Hoy les propongo hacer unas galleticas de jengibre para decorar el árbol de navidad. Ellas durarán en perfecto estado toda la temporada y podrán consumirse cuando desmontemos el árbol. Si queremos ponerlas a salvo de "avichuchos" (tipo cucarachitas u hormigas) o del polvo, podemos forrarlas en plástico transparente adhesivo.
Les garantizo que es una cocinadita rica para hacer con los niños, a quienes les fascina amasar, untarse de harina y colorines. Eso sí, ¡que se laven bien las manos antes de empezar!

Galleticas para el árbol

3 tazas de harina
150 grms de mantequilla en trocitos
1 taza de azúcar
2 huevos
1 limón. La cáscara rallada.
1 cda de esencia de vainilla
1 cda de jengibre en polvo
1 de canela en polvo
1/2 cdita de nuez moscada rallada (o en polvo)

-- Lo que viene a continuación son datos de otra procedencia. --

//! A key-value store on a log. The index keeps positions alone: it gives those that a shortened key may mean, and the log confirms.
ghost use Rattle.std.specs.Prelude.{◌≡◌, ◌↔◌, ◌⊎◌, ◌<◌, ◌≤◌, ◌^◌, ◌-◌, ◌||◌, ◌≢◌, ◌+◌, ℕ, List, [], ◌++◌, if◌then◌else◌, insert, length, map, take, true, false, Some, None, is_some, IsTrue, IfOk, IfErr, OnOk, OnErr};
ghost use Rattle.std.specs.FinMap as map;
ghost use Rattle.std.specs.Option.{option_map};
ghost use Rattle.key_index_flat.specs.View.{growth_fault_in, run_of, with_edit};
ghost use Rattle.key_index_store.specs.Damage.{Hides, MayMiss};
ghost use Rattle.key_index_store.specs.Device.{Adds, AddsAtMost, Changes, IsBegun, IsKnown, IsRead, NoMore, Sees, SeesAll, Stays};
ghost use Rattle.key_index_store.specs.Indexed.{IsIn, Keeps, KeepsLists, Settles};
ghost use Rattle.key_index_store.specs.Record.{Entry, Fits, encoded, log_of, size_of};
ghost use Rattle.key_index_store.specs.Salvage.{HaveHeads, MaySalvage, found_at, gap_of, gaps_in, newest, places_of, salvaged};
ghost use Rattle.key_index_store.specs.Stored.{HasChanged, HasRefused, HasRoom, LeavesSame, IsRefused, LeavesBeforeOrAfter, MayOpen, MayRead, MayRefuse, refusal_of, end_of, held_by, records_of, tail_in, with_record, without_tail};

pub(crate) mod find;
pub(crate) mod log;
mod neighbours;
mod replay;
mod sample;

use crate::device::Device;
use crate::record::encode;
use crate::salvage::{Salvaged, copy};
use crate::translator::BehindFront;
use find::{InList, known, length_of, read_value};
use key_index_flat::index::{self, Refused, Unordered};
use log::Log;
pub use neighbours::{Gap, Passed, Unreadable};
use replay::replay;
pub use sample::refit;
use std::alloc::{AllocError, Global};
use std::marker::Model;

/// Why a call was refused. A refused call leaves the map.
#[derive(Clone, Copy, Debug, PartialEq, Eq)]
pub enum Fault {
    /// A growth found no memory.
    Memory,
    /// The index holds `usize::MAX` positions.
    Full,
    /// A key or a value has 2^32 bytes or more.
    TooLong,
    /// A read of the log failed.
    ReadFailed,
    /// A write to the log failed.
    WriteFailed,
    /// Bytes stand behind the last whole record that are neither a record nor a torn one; or a record that was read when the log was
    /// opened no longer reads, and may be the one that is sought.
    Damaged,
    /// A log that was to be fresh has bytes.
    NotEmpty,
}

Yo prefiero usar mantequilla y no margarina, pero igual se pueden hacer con "la fina, la margarina, la preferida en la mesa y cocina....." o cualquier otra. Recuerden que cuando digo taza me refiero a la medida de los gringos, la famosa cup.
Mezclamos todos los ingredientes sin amasar mucho, solo para integrarlos.
Hacemos dos bolas de masa y envueltas en plástico las ponemos en la nevera una media hora.
Regamos harina en la superficie en que las vamos a hacer. Se extiende la masa con rodillo hasta dejarla por ahí de 1/2 cm. Se cortan las galleticas con moldes de motivos navideños o uno las corta con cuchillo húmedo (y se humedece varias veces durante el proceso) en rombos, cuadritos, círculos -que se cortan ayudándose de vasitos, copas, etc-
Se les hace un orificio con un palito que tenga punta, incluso un lápiz con la punta forrada en plástico). No se les olvide pues de ahí se colgarán al árbol.
Las ponemos en una lata enharinada y las llevamos al horno que estará a 150-160 Cº, durante unos 15 minutos.
Las galletas deben quedar secas pero todavía blancas para después poder decorarlas más bonito.
En los supermercados venden bolitas de colores, polvos dorados y plateados, anilinas...en fin un montón de cositas para decorar las galletas y ahí sí, ¡a jugar!
Recuerden que pueden envolverlas en plástico adhesivo, cuidando que la superficie decorada quede bien cubierta, sin arrugas. Se logra estirando el plástico un poquito....¡pero no las vayan a quebrar! También se pueden empacar en papel celofán, amarrarlas en la punta superior y colgarlas de ahí.
Ahh, el glaseado (esa cremita azucarada que las cubre) es muy fácil de hacer. Mezclamos suavemente una clara de huevo con azucar "glass" o ázucar de pastelería. En Colombia la conocemos como "ázucar XXX", es una ázucar hiperrefinada que tiene apariencia como de talco, no se le siente el gránulo, es como una harina blanca, blanquísima.
Entonces vamos mezclando la clara de huevo con cucharadas de ésta ázucar (no puedo decirles cuánto pues depende de la cantidad de clara que tenga ese huevo) hasta que logramos una colada espesa (muy espesa), ensayamos con una galleta y vemos que tanto se derrama, si la capa que cubre la galleta es demasiado delgadita, le añadimos más ázucar hasta lograr el punto que queremos. Luego se le añaden goticas de anilina de colores y cubrimos las galleticas con el glaseado. Si vamos a colocar algun otró elemento de decoración sobre el glaseado, es mejor hacerlo cuando no se ha secado para que se adhiera bien.
Hay que dejarlas secar destapadas unas dos horas.

3 comentarios:

Patri dijo...

El Árbol de Navidad

Mucho antes del advenimiento del Cristianismo, las plantas y árboles que permanecían verdes todo el año tenían un significado especial para la gente durante el invierno. Las personas de la antigüedad colgaban ramas de siemprevivas, plantas de hojas perennes, en sus puertas y ventanas. En muchos pueblos se creía que alejaban a brujas, fantasmas, malos espíritus y enfermedades.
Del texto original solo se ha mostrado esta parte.